Pok­ing around near­by Sou­da, we found the metic­u­lous­ly main­tained Com­mon­wealth War Ceme­tery. Crete played a strate­gic role in the Mediter­ranean the­atre of World War II. Com­mon­wealth forces tried to defend it against a mas­sive Germn assault, but where forced out with heavy casu­al­ties. After the war, bod­ies were care­ful­ly hunt­ed out, and re-buried in this spot, over­look­ing Sou­da Bay. About a third of the graves are uniden­ti­fied. Of the remain­der, the largest num­ber are New Zealan­ders. I found a few Cana­di­ans, all RCAF airmen.

A Turk­ish cas­tle con­trol­ling a pass in the West Crete interior.
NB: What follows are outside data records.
//! The small tables that the lifecycle keeps beside its registrations, workers, clients, jobs and caches: the drawn
//! fetches, the promises, the addAlls and the navigation preloads.
#![tactic(auto)]

mod draws;
mod preloads;
mod promises;
mod tasks;

pub use draws::{Draws, NewDraw, NewDraws};
pub use preloads::{NewPreload, Preloads};
pub use promises::{Awaited, NewPromise, Promises};
pub use tasks::{NewTask, TaskRow, Tasks};
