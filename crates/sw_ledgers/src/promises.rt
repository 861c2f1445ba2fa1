//! The promises of the lanes' actions.

ghost use Rattle.std.specs.Prelude.{◌≡◌, ◌≤◌, ◌<◌, ◌++◌, ◌∷◌, [], find, option_map, IfOk};
ghost use Rattle.sw_rules.specs.Rows.{is_promise, without};
ghost use Rattle.sw_ledgers.specs.Promised.{meaning};

use indexmap::IndexMap;
use std::alloc::Global;
use std::marker::Model;
use sw_data::{NoMemory, Settlement};

/// What a promise waits for, or its value.
#[derive(Debug, Clone, Copy, PartialEq, Eq)]
pub enum Awaited {
    Value(Settlement),
    Job(u32),
    Task(u32),
}

/// The promise of each action, by its lane and its position there; the one that was made last stands last.
#[derive(Drop)]
pub struct Promises {
    awaited: IndexMap<(u32, u32), Awaited>,
}

impl Model for Promises {
    ghost use Rattle.indexmap.specs.IndexMap.{spare};
    ghost use Rattle.sw_ledgers.specs.Promised.{Table, rows_of};

    ghost Value = { Table };

    ghost view = { λ promises. record {
      rows = rows_of promises.awaited.entries;
      spare = spare promises.awaited;
    } };
}

/// A promise that isn't in the table yet.
#[derive(Debug, Drop)]
pub struct NewPromise {
    place: (u32, u32),
    awaited: Awaited,
}

impl Model for NewPromise {
    ghost use Rattle.sw_rules.specs.State.{Promise};
    ghost use Rattle.sw_ledgers.specs.Promised.{row_of};

    ghost Value = { Promise };

    ghost view = { λ new. row_of (new.place, new.awaited) };
}

impl Promises {
    /// No promises. It takes no memory.
    pub fn new(alloc: Global) -> Promises
        ensures { result.rows ≡ [] }
    {
        Promises {
            awaited: IndexMap::new(alloc),
        }
    }

    /// What the promise of a lane's action waits for, or its value. It takes no memory.
    pub fn awaited(&self, lane: u32, at: u32) -> Option<Awaited>
        ensures { option_map meaning result
            ≡ option_map (λ row. row.awaited) (find (is_promise lane at) self.now.rows) }
    {
        self.awaited.get(&(lane, at)).copied()
    }

    /// Makes room for the promise of a lane's action.
    pub fn promise_row(
        &mut self,
        lane: u32,
        at: u32,
        awaited: Awaited,
    ) -> Result<NewPromise, NoMemory>
        ensures same { self.new.rows ≡ self.old.rows }
        ensures room { self.old.spare ≤ self.new.spare }
        ensures row { IfOk result (λ new. new
            ≡ record { lane = lane; at = at; awaited = meaning awaited }) }
        ensures fits { IfOk result (λ new. 0 < self.new.spare) }
    {
        self.awaited.reserve(1)?;
        Ok(NewPromise {
            place: (lane, at),
            awaited,
        })
    }

    /// Puts a promise in the place of an earlier one of its lane and position; it stands last. It takes no memory.
    pub fn promise_put(&mut self, row: NewPromise)
        requires { 0 < self.old.spare }
        ensures { self.new.rows ≡ without (is_promise row.lane row.at) self.old.rows ++ row ∷ [] }
    {
        // What `len` ensures tells the proof that no place stands twice.
        let _many = self.awaited.len();
        let _ = self.awaited.shift_remove(&row.place);
        let _ = self.awaited.insert(row.place, row.awaited);
    }
}
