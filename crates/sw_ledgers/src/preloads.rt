//! The navigation preloads of registrations.

ghost use Rattle.std.specs.Prelude.{◌≡◌, ◌≤◌, ◌<◌, ◌==◌, [], ℕ, IfOk, if◌then◌else◌};
ghost use Rattle.sw_ledgers.specs.Preloaded.{preload_of, preload_value_of};

use indexmap::IndexMap;
use std::alloc::Global;
use std::marker::Model;
use sw_data::{NoMemory, Text};

// The flag and the header value of a navigation preload.
#[derive(Debug, Drop)]
pub(crate) struct Preload {
    pub(crate) on: bool,
    pub(crate) value: Text,
}

/// The navigation preload of each registration that has set it.
#[derive(Drop)]
pub struct Preloads {
    preloads: IndexMap<u32, Preload>,
}

impl Model for Preloads {
    ghost use Rattle.indexmap.specs.IndexMap.{spare};
    ghost use Rattle.sw_ledgers.specs.Preloaded.{Table, rows_of};

    ghost Value = { Table };

    ghost view = { λ preloads. record {
      rows = rows_of preloads.preloads.entries;
      spare = spare preloads.preloads;
    } };
}

/// The navigation preload of a registration, which isn't in the table yet.
#[derive(Debug, Drop)]
pub struct NewPreload {
    registration: u32,
    preload: Preload,
}

impl Model for NewPreload {
    ghost use Rattle.sw_ledgers.specs.Preloaded.{PreloadRow, row_of};

    ghost Value = { PreloadRow };

    ghost view = { λ new. row_of (new.registration, new.preload) };
}

impl NewPreload {
    /// The registration that gets it. It takes no memory.
    pub fn registration(&self) -> u32
        ensures { result ≡ self.now.registration }
    {
        self.registration
    }

    /// Its flag. It takes no memory.
    pub fn is_on(&self) -> bool
        ensures { result ≡ self.now.on }
    {
        self.preload.on
    }

    /// Its header value. It takes no memory.
    pub fn value(&self) -> &Text
        ensures { result.now ≡ self.now.value }
    {
        &self.preload.value
    }
}

impl Preloads {
    /// Each registration has the first flag and value. It takes no memory.
    pub fn new(alloc: Global) -> Preloads
        ensures { result.rows ≡ [] }
    {
        Preloads {
            preloads: IndexMap::new(alloc),
        }
    }

    /// The navigation preload flag of a registration. It takes no memory.
    #[tactic(auto, using(crate::proofs::Preloading::flag_found))]
    pub fn is_on(&self, registration: u32) -> bool
        ensures { result ≡ preload_of self.now.rows registration }
    {
        match self.preloads.get(&registration) {
            Some(preload) => preload.on,
            None => false,
        }
    }

    /// The navigation preload header value of a registration. It takes no memory.
    #[tactic(auto, using(crate::proofs::Preloading::value_found))]
    pub fn value(&self, registration: u32) -> &str
        ensures { result.now ≡ preload_value_of self.now.rows registration }
    {
        match self.preloads.get(&registration) {
            Some(preload) => preload.value.as_str(),
            None => "true",
        }
    }

    /// Makes room for the navigation preload of a registration.
    pub fn set_row(
        &mut self,
        alloc: Global,
        registration: u32,
        on: bool,
        value: &Text,
    ) -> Result<NewPreload, NoMemory>
        ensures same { self.new.rows ≡ self.old.rows }
        ensures room { self.old.spare ≤ self.new.spare }
        ensures row { IfOk result (λ new. new
            ≡ record { registration = registration; on = on; value = value.now }) }
        ensures fits { IfOk result (λ new. 0 < self.new.spare) }
    {
        self.preloads.reserve(1)?;
        Ok(NewPreload {
            registration,
            preload: Preload {
                on,
                value: value.copy(alloc)?,
            },
        })
    }

    /// A registration gets its navigation preload. It takes no memory.
    pub fn set_put(&mut self, row: NewPreload)
        requires { 0 < self.old.spare }
        ensures flag { (n : ℕ) → preload_of self.new.rows n
            ≡ (if n == row.registration then row.on else preload_of self.old.rows n) }
        ensures value { (n : ℕ) → preload_value_of self.new.rows n
            ≡ (if n == row.registration then row.value else preload_value_of self.old.rows n) }
    {
        let _ = self.preloads.insert(row.registration, row.preload);
    }
}
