//! How many fetches of each address were drawn.

ghost use Rattle.std.specs.Prelude.{◌≡◌, ◌≤◌, ◌<◌, ◌+◌, ◌^◌, [], List, ℕ, All, map, length, IfOk};
ghost use Rattle.sw_data.specs.declared.exchange.Request.{Request};
ghost use Rattle.sw_data.specs.Addresses.{without_fragment};
ghost use Rattle.sw_rules.specs.Caching.{drawn_numbers, with_draws};
ghost use Rattle.sw_rules.specs.Jobs.{next_draw, with_draw};
ghost use Rattle.sw_ledgers.specs.Drawn.{FitsDraw, FitsDraws, addresses_of, drawn_of, one_more};

use indexmap::IndexMap;
use std::alloc::Global;
use std::marker::Model;
use sw_data::address::without_fragment;
use sw_data::{Items, NoMemory, Request, Text};

/// How many fetches of each address, without its fragment, were drawn. The hash of an address is fixed, so addresses can
/// be chosen that collide.
#[derive(Drop)]
pub struct Draws {
    numbers: IndexMap<Vec<u8>, u32>,
}

impl Model for Draws {
    ghost use Rattle.indexmap.specs.IndexMap.{spare};
    ghost use Rattle.sw_ledgers.specs.Drawn.{Table, rows_of};

    ghost Value = { Table };

    ghost view = { λ draws. record {
      rows = rows_of (λ key. key.items) draws.numbers.entries;
      spare = spare draws.numbers;
    } };
}

/// The address of a fetch that isn't drawn yet, without its fragment.
#[derive(Debug, Drop)]
pub struct NewDraw {
    address: Vec<u8>,
}

impl Model for NewDraw {
    ghost use Rattle.std.specs.Prelude.{List, ℕ};

    ghost Value = { List ℕ };

    ghost view = { λ new. new.address.items };
}

/// The addresses of the fetches of an addAll that aren't drawn yet, without their fragments, and the room for their
/// numbers.
#[derive(Debug, Drop)]
pub struct NewDraws {
    addresses: Vec<Vec<u8>>,
    numbers: Vec<u32>,
}

impl Model for NewDraws {
    ghost use Rattle.std.specs.Prelude.{◌≡◌, ◌≤◌, [], List, ℕ, length, map};
    ghost use Rattle.std.specs.Vec.{vec_capacity};

    ghost Value = { List (List ℕ) };

    ghost view = { λ new. map (λ own. own.items) new.addresses.items };

    ghost invariant = { λ new. (new.numbers.items ≡ [])
        × (length new.addresses.items ≤ vec_capacity new.numbers) };
}

impl Draws {
    /// Nothing is drawn. It takes no memory.
    pub fn new(alloc: Global) -> Draws
        ensures { result.rows ≡ [] }
    {
        Draws {
            numbers: IndexMap::new(alloc),
        }
    }

    // How many fetches of an address without fragment were drawn.
    #[tactic(auto, using(crate::proofs::Drawing::found_drawn))]
    fn drawn(&self, address: &[u8]) -> u32
        ensures { result ≡ drawn_of self.now.rows address.now }
    {
        match self.numbers.get(address) {
            Some(number) => *number,
            None => 0,
        }
    }

    /// The number that the next fetch of an address gets. It takes no memory.
    pub fn next(&self, address: &Text) -> u32
        ensures { result ≡ next_draw self.now.rows address.now }
    {
        self.drawn(without_fragment(address.as_bytes()))
    }

    // An address without its fragment, of which so many more fetches can be counted.
    fn countable(&self, alloc: Global, address: &Text, many: usize) -> Result<Vec<u8>, NoMemory>
        ensures address { IfOk result (λ own. own.items ≡ without_fragment address.now) }
        ensures count { IfOk result (λ own. drawn_of self.now.rows own.items + many < 2 ^ 32) }
    {
        let front = without_fragment(address.as_bytes());
        if ((u32::MAX - self.drawn(front)) as usize) < many {
            return Err(NoMemory);
        }
        let mut own = Vec::new(alloc);
        own.extend_from_slice(front)?;
        Ok(own)
    }

    /// Makes room to draw a fetch of an address.
    pub fn draw_row(&mut self, alloc: Global, address: &Text) -> Result<NewDraw, NoMemory>
        ensures same { self.new.rows ≡ self.old.rows }
        ensures room { self.old.spare ≤ self.new.spare }
        ensures row { IfOk result (λ new. new ≡ without_fragment address.now) }
        ensures fits { IfOk result (λ new. FitsDraw new self.new) }
    {
        self.numbers.reserve(1)?;
        Ok(NewDraw {
            address: self.countable(alloc, address, 1)?,
        })
    }

    // Draws a fetch of an address without fragment, and gives its number. It takes no memory.
    #[tactic(auto, using(crate::proofs::Drawing::found_drawn, crate::proofs::Drawing::drawn_once))]
    fn put(&mut self, address: Vec<u8>) -> u32
        requires { FitsDraw address.items self.old }
        ensures rows { self.new.rows ≡ one_more self.old.rows address.items }
        ensures number { result ≡ drawn_of self.old.rows address.items }
        ensures room { self.old.spare ≤ self.new.spare + 1 }
    {
        let number = self.drawn(address.as_slice());
        // No address stands twice.
        let _many = self.numbers.len();
        let _ = self.numbers.insert(address, number + 1);
        number
    }

    /// Draws a fetch of an address, and gives its number. It takes no memory.
    pub fn draw_put(&mut self, row: NewDraw) -> u32
        requires { FitsDraw row self.old }
        ensures drawn { (address : List ℕ) → without_fragment address ≡ row
            → self.new.rows ≡ with_draw self.old.rows address }
        ensures number { (address : List ℕ) → without_fragment address ≡ row
            → result ≡ next_draw self.old.rows address }
        ensures room { self.old.spare ≤ self.new.spare + 1 }
    {
        self.put(row.address)
    }

    // The addresses of requests, without their fragments, of which as many more fetches can be counted.
    fn all_countable(&self, alloc: Global, requests: &[Request]) -> Result<Vec<Vec<u8>>, NoMemory>
        ensures addresses { IfOk result (λ all. map (λ own. own.items) all.items
            ≡ addresses_of requests.now) }
        ensures counts { IfOk result (λ all.
            All (λ address. drawn_of self.now.rows address + length requests.now < 2 ^ 32)
            (map (λ own. own.items) all.items)) }
    {
        let mut all = Vec::new(alloc);
        for request in requests {
            all.push(self.countable(alloc, &request.url, requests.len())?)?;
        }
        Ok(all)
    }

    /// Makes room to draw a fetch for each of these requests.
    pub fn draw_rows(&mut self, alloc: Global, requests: &[Request]) -> Result<NewDraws, NoMemory>
        ensures same { self.new.rows ≡ self.old.rows }
        ensures room { self.old.spare ≤ self.new.spare }
        ensures rows { IfOk result (λ new. new ≡ addresses_of requests.now) }
        ensures fits { IfOk result (λ new. FitsDraws new self.new) }
    {
        self.numbers.reserve(requests.len())?;
        let addresses = self.all_countable(alloc, requests)?;
        let mut numbers = Vec::new(alloc);
        numbers.reserve(requests.len())?;
        Ok(NewDraws { addresses, numbers })
    }

    /// Draws the fetches of an addAll, and gives their numbers in the order of its requests. It takes no memory.
    #[tactic(auto, using(crate::proofs::Drawing::drawn_numbers_are, crate::proofs::Drawing::drawn_rows_are, crate::proofs::Drawing::drawn_begun, crate::proofs::Drawing::drawn_next, crate::proofs::Drawing::fits_first))]
    pub fn draw_all(&mut self, rows: NewDraws) -> Items<u32>
        requires { FitsDraws rows self.old }
        ensures drawn { (requests : List Request) → addresses_of requests ≡ rows
            → self.new.rows ≡ with_draws self.old.rows requests }
        ensures numbers { (requests : List Request) → addresses_of requests ≡ rows
            → result ≡ drawn_numbers self.old.rows requests }
        ensures room { self.old.spare ≤ self.new.spare + length rows }
    {
        let NewDraws {
            addresses,
            mut numbers,
        } = rows;
        for address in addresses {
            numbers.push_reserved(self.put(address));
        }
        Items::from_vec(numbers)
    }
}
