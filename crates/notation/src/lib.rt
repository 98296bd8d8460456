// The readable notation: the names that its definitions share with the crates that read and write it, and how one place follows from
// another. What a reader must believe stands in specs/, what follows from it in proofs/.
#![tactic(auto)]

ghost use Rattle.std.specs.Prelude.{◌≡◌};
ghost use Rattle.meaning.specs.Tree.{is_byte};
ghost use Rattle.notation.specs.Texts.{head_in, place_after};

// Where an expression stands: the head of a list read as code, elsewhere in code, or data.
#[derive(Clone, Copy)]
pub enum Place {
    Operator,
    Code,
    Data,
}

impl Place {
    // Where the head of a list stands that stands here.
    pub fn head_in(self) -> Place
        ensures { result ≡ head_in self }
    {
        match self {
            Place::Operator | Place::Code => Place::Operator,
            Place::Data => Place::Data,
        }
    }

    // Where that stands which follows an element here: all that follows a head of 1 is data.
    pub fn after(self, one: bool) -> Place
        ensures { result ≡ place_after self one }
    {
        match self {
            Place::Operator => { if one { Place::Data } else { Place::Code } }
            Place::Code | Place::Data => self,
        }
    }
}

// The names of the operators 1 to 9, in their order.
pub const NAMES: [u8; 9] = *b"qaicfrlx=";

// Whether an atom's bytes are those of 1.
pub fn is_one(b: &[u8]) -> bool
    ensures { result ≡ is_byte 1 b.now }
{
    matches!(b, [1])
}

// What a byte does outside quotes: separate, open or close a list, begin a quote, or belong to a word.
#[derive(Clone, Copy)]
pub enum Kind {
    Blank,
    Opens,
    Closes,
    Quotes,
    Plain,
}
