// No code: what a reader must believe stands in specs/, what follows from it in proofs/.
#![tactic(auto)]
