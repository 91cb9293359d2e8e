//! The meaning of words for a match, one after the other.
ghost use Rattle.std.specs.Prelude.{◌≡◌, ◌==◌, ◌≤◌, ◌<◌, ◌++◌, ◌∷◌, [], not, IfOk, IfErr, OnOk, Ok, filter_map};
ghost use Rattle.of_layers.specs.Fields.{number_of};
ghost use Rattle.of_ovs_words.specs.Matches.{fields_of_settings as fields_in, tag_with, tagged_setting as tagged_by, takes_tag_back as takes_back, with_match_field, with_protocol, with_field_setting, with_tci, without_settings};
ghost use Rattle.of_ovs_words.specs.{Settings.exact, Settings.last_of, Stops.IfRefused, Stops.Stops};

use crate::field_word::{FieldWord, Form};
use crate::lists::push_one;
use crate::protocol_word::ProtocolWord;
use crate::setting::{field_for, last, setting_in, under};
use crate::stop::Stop;
use crate::tci::tci_settings;
use crate::why::Why;
use of_layers::Field;
use of_oxm::MatchField;
use std::alloc::{AllocError, Global};

fn push_exact(settings: &mut Vec<MatchField>, field: Field, value: u128) -> Result<(), AllocError>
    ensures { OnOk result (settings.new.items ≡ settings.old.items ++ exact field value ∷ []) }
{
    settings.push(MatchField {
        field,
        value,
        mask: None,
    })?;
    Ok(())
}

/// Appends what a word for a protocol says.
pub fn set_protocol(
    settings: &mut Vec<MatchField>,
    word: ProtocolWord,
    value: &[u8],
) -> Result<(), Stop>
    ensures added { IfOk result (λ _. with_protocol settings.old.items word value.now ≡ Ok settings.new.items) }
    ensures stopped { IfErr result (Stops (with_protocol settings.old.items word value.now)) }
    ensures same { IfErr result (IfRefused (settings.new.items ≡ settings.old.items)) }
{
    if !value.is_empty() {
        return Err(Stop::Refused(Why::Unknown));
    }
    push_exact(settings, Field::EthType, u128::from(word.ethertype))?;
    if let Some(number) = word.protocol {
        push_exact(settings, Field::IpProto, u128::from(number))?;
    }
    Ok(())
}

// Appends that there is a tag, for a field of a tag.
fn push_tag(settings: &mut Vec<MatchField>, field: Field) -> Result<(), AllocError>
    ensures { OnOk result (settings.new.items ≡ settings.old.items ++ tag_with field settings.old.items) }
{
    if field.number() == Field::VlanPcp.number() {
        let tag = tagged(last(settings, Field::VlanVid));
        push_one(settings, tag)?;
    }
    Ok(())
}

// The number of a VLAN, with the bit that says that there is a tag.
fn tagged(vid: Option<MatchField>) -> Option<MatchField>
    ensures { result ≡ tagged_by vid }
{
    match vid {
        None => under(Field::VlanVid, 0x1000, 0x1000),
        Some(e) => under(
            Field::VlanVid,
            e.value | 0x1000,
            e.mask.unwrap_or(0x1fff) | 0x1000,
        ),
    }
}

// Whether a field is VLAN_PCP, and something was said of it.
fn takes_tag_back(settings: &[MatchField], field: Field) -> bool
    ensures { result ≡ takes_back field settings.now }
{
    field.number() == Field::VlanPcp.number() && last(settings, Field::VlanPcp).is_some()
}

// Whether a setting is of another field.
fn is_of_other(e: &MatchField, field: Field) -> bool
    ensures { result ≡ not (number_of e.now.field == number_of field) }
{
    e.field.number() != field.number()
}

// The settings of other fields.
fn others(
    alloc: Global,
    settings: &[MatchField],
    field: Field,
) -> Result<Vec<MatchField>, AllocError>
    ensures { IfOk result (λ others. others.items ≡ without_settings field settings.now) }
{
    settings
        .iter()
        .copied()
        .filter(|e| is_of_other(e, field))
        .collect(alloc)
}

// Nothing is said of a field any more.
fn forget(settings: &mut Vec<MatchField>, field: Field) -> Result<(), AllocError>
    ensures ok { OnOk result (settings.new.items ≡ without_settings field settings.old.items) }
{
    *settings = others(*settings.allocator(), settings, field)?;
    Ok(())
}

fn set_one(settings: &mut Vec<MatchField>, word: FieldWord, value: &[u8]) -> Result<(), Stop>
    ensures added { IfOk result (λ _. with_field_setting settings.old.items word value.now ≡ Ok settings.new.items) }
    ensures stopped { IfErr result (Stops (with_field_setting settings.old.items word value.now)) }
    ensures same { IfErr result (IfRefused (settings.new.items ≡ settings.old.items)) }
{
    let field = field_for(word.target, settings).ok_or(Why::Protocol)?;
    match setting_in(word.form, field, value)? {
        None if takes_tag_back(settings, field) => return Err(Stop::Refused(Why::Value)),
        None => forget(settings, field)?,
        Some(setting) => {
            push_tag(settings, field)?;
            settings.push(setting)?;
        }
    }
    Ok(())
}

fn set_tci(settings: &mut Vec<MatchField>, value: &[u8]) -> Result<(), Stop>
    ensures added { IfOk result (λ _. with_tci settings.old.items value.now ≡ Ok settings.new.items) }
    ensures stopped { IfErr result (Stops (with_tci settings.old.items value.now)) }
    ensures same { IfErr result (IfRefused (settings.new.items ≡ settings.old.items)) }
{
    let (vid, pcp) = tci_settings(value)?;
    forget(settings, Field::VlanVid)?;
    forget(settings, Field::VlanPcp)?;
    push_one(settings, vid)?;
    push_one(settings, pcp)?;
    Ok(())
}

/// Appends what a word for a field says.
#[tactic(auto, unfolding(crate::specs::Matches::with_match_field))]
pub fn set_field(settings: &mut Vec<MatchField>, word: FieldWord, value: &[u8]) -> Result<(), Stop>
    ensures added { IfOk result (λ _. with_match_field settings.old.items word value.now ≡ Ok settings.new.items) }
    ensures stopped { IfErr result (Stops (with_match_field settings.old.items word value.now)) }
    ensures same { IfErr result (IfRefused (settings.new.items ≡ settings.old.items)) }
{
    if word.form == Form::Tci {
        set_tci(settings, value)
    } else {
        set_one(settings, word, value)
    }
}

/// The fields of a match: of each the last setting, in ascending order of number.
pub fn fields_of(alloc: Global, settings: &[MatchField]) -> Result<Vec<MatchField>, AllocError>
    ensures { IfOk result (λ fields. fields.items ≡ fields_in settings.now) }
{
    Field::ALL
        .iter()
        .filter_map(|field| last(settings, *field))
        .collect(alloc)
}
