//! The words for protocols (ovs-fields(7)).
ghost use Rattle.std.specs.Prelude.{◌≡◌};
ghost use Rattle.of_ovs_words.specs.ProtocolWords.{protocol_named};

use crate::keywords::{is_keyword, padded};

/// A word for a protocol: its text, which spaces fill up, and the ETH_TYPE and the IP_PROTO that it stands for.
#[derive(Clone, Copy)]
pub struct ProtocolWord {
    pub text: [u8; 20],
    pub ethertype: u16,
    pub protocol: Option<u8>,
}

macro_rules! protocol {
    ($text:expr, $ethertype:expr, $protocol:expr) => {
        ProtocolWord {
            text: padded!($text),
            ethertype: $ethertype,
            protocol: $protocol,
        }
    };
}

/// Each word once.
pub const PROTOCOL_WORDS: [ProtocolWord; 17] = [
    protocol!(b"ip", 0x0800, None),
    protocol!(b"ip4", 0x0800, None),
    protocol!(b"ipv4", 0x0800, None),
    protocol!(b"ipv6", 0x86dd, None),
    protocol!(b"ip6", 0x86dd, None),
    protocol!(b"arp", 0x0806, None),
    protocol!(b"rarp", 0x8035, None),
    protocol!(b"mpls", 0x8847, None),
    protocol!(b"mplsm", 0x8848, None),
    protocol!(b"icmp", 0x0800, Some(1)),
    protocol!(b"icmp6", 0x86dd, Some(58)),
    protocol!(b"tcp", 0x0800, Some(6)),
    protocol!(b"tcp6", 0x86dd, Some(6)),
    protocol!(b"udp", 0x0800, Some(17)),
    protocol!(b"udp6", 0x86dd, Some(17)),
    protocol!(b"sctp", 0x0800, Some(132)),
    protocol!(b"sctp6", 0x86dd, Some(132)),
];

impl ProtocolWord {
    /// The word of this text.
    #[tactic(auto, unfolding(crate::specs::ProtocolWords::protocol_named))]
    pub fn named(text: &[u8]) -> Option<ProtocolWord>
        ensures { result ≡ protocol_named text.now }
    {
        PROTOCOL_WORDS
            .iter()
            .copied()
            .find(|word| is_keyword(&word.text, text))
    }
}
Hania pre­serves most of the Venet­ian her­itage of the island. The old har­bour has exten­sive Venet­ian-built for­ti­fi­ca­tions and a lot of Ital­ianate archi­tec­ture. There’s also crum­bling mosque from the Ottoman peri­od, and minaret from a large one no longer extant. The cen­tral mar­ket place pro­vid­ed us with a stock­pile of food. The taste in Crete is for sweet things —- there’s superb ice cream every­where. But bread is anoth­er mat­ter. Some­time in the Neolith­ic, I sur­mise, a boat-load of hard, stale bread must have reached Crete from Lebanon, and ever since then, that’s how Cre­tans have assumed bread should be. There’s a bak­ery in every vil­lage pro­duc­ing a hun­dred vari­eties of hard, crunchy bread, but soft bread is impos­si­ble to find. How­ev­er, the same bak­ers pro­duce won­der­ful flaky spinach, sweet cream, veg­etable, and cheese pies, as well as excel­lent pas­tries. At a remote moun­tain stop, we had a mar­vel­lous orange pie.

Leav­ing Hania, our plan was to dri­ve through the back­roads until sun­set approached, and find some­place to sleep. In this cli­mate, a flat space and a sleep­ing bag is all you need to kip down. But find­ing a flat space is no small achieve­ment. This must be the bump­i­est, gorgi­est, crag­gi­est, most irreg­u­lar place on the plan­et. Anoth­er chal­lenge is find­ing any place that isn’t overun with sheep and goats. But every vil­lage seems to have a lit­tle chapel, neat­ly main­tained, sur­round­ed by graves, and walled off to keep out the live­stock. There are also many such chapels along unin­hab­it­ed roads, on remote crags, and on moun­tain peaks. Each has its icons and votive can­dles. The chapels have no human pres­ence most of the time. We found an unob­trussive out­side the vil­lage of Gre­go­rio, and slept through the night with­in its precinct, sur­rouned by the dead.

The labyrinthine land­scape of West Crete.

But this was only after wind­ing through a land­scape yet more com­plex than all we had seen before. My lit­tle cam­er­a’s bat­tery was exhaust­ed by this point, and there are, at most, two or three more snaps possible.

The moon is full and bright. The dead here are not buried, but encased in above-ground sar­copha­gi, with pho­tos attached. The faces of the elders stare at us as we sleep.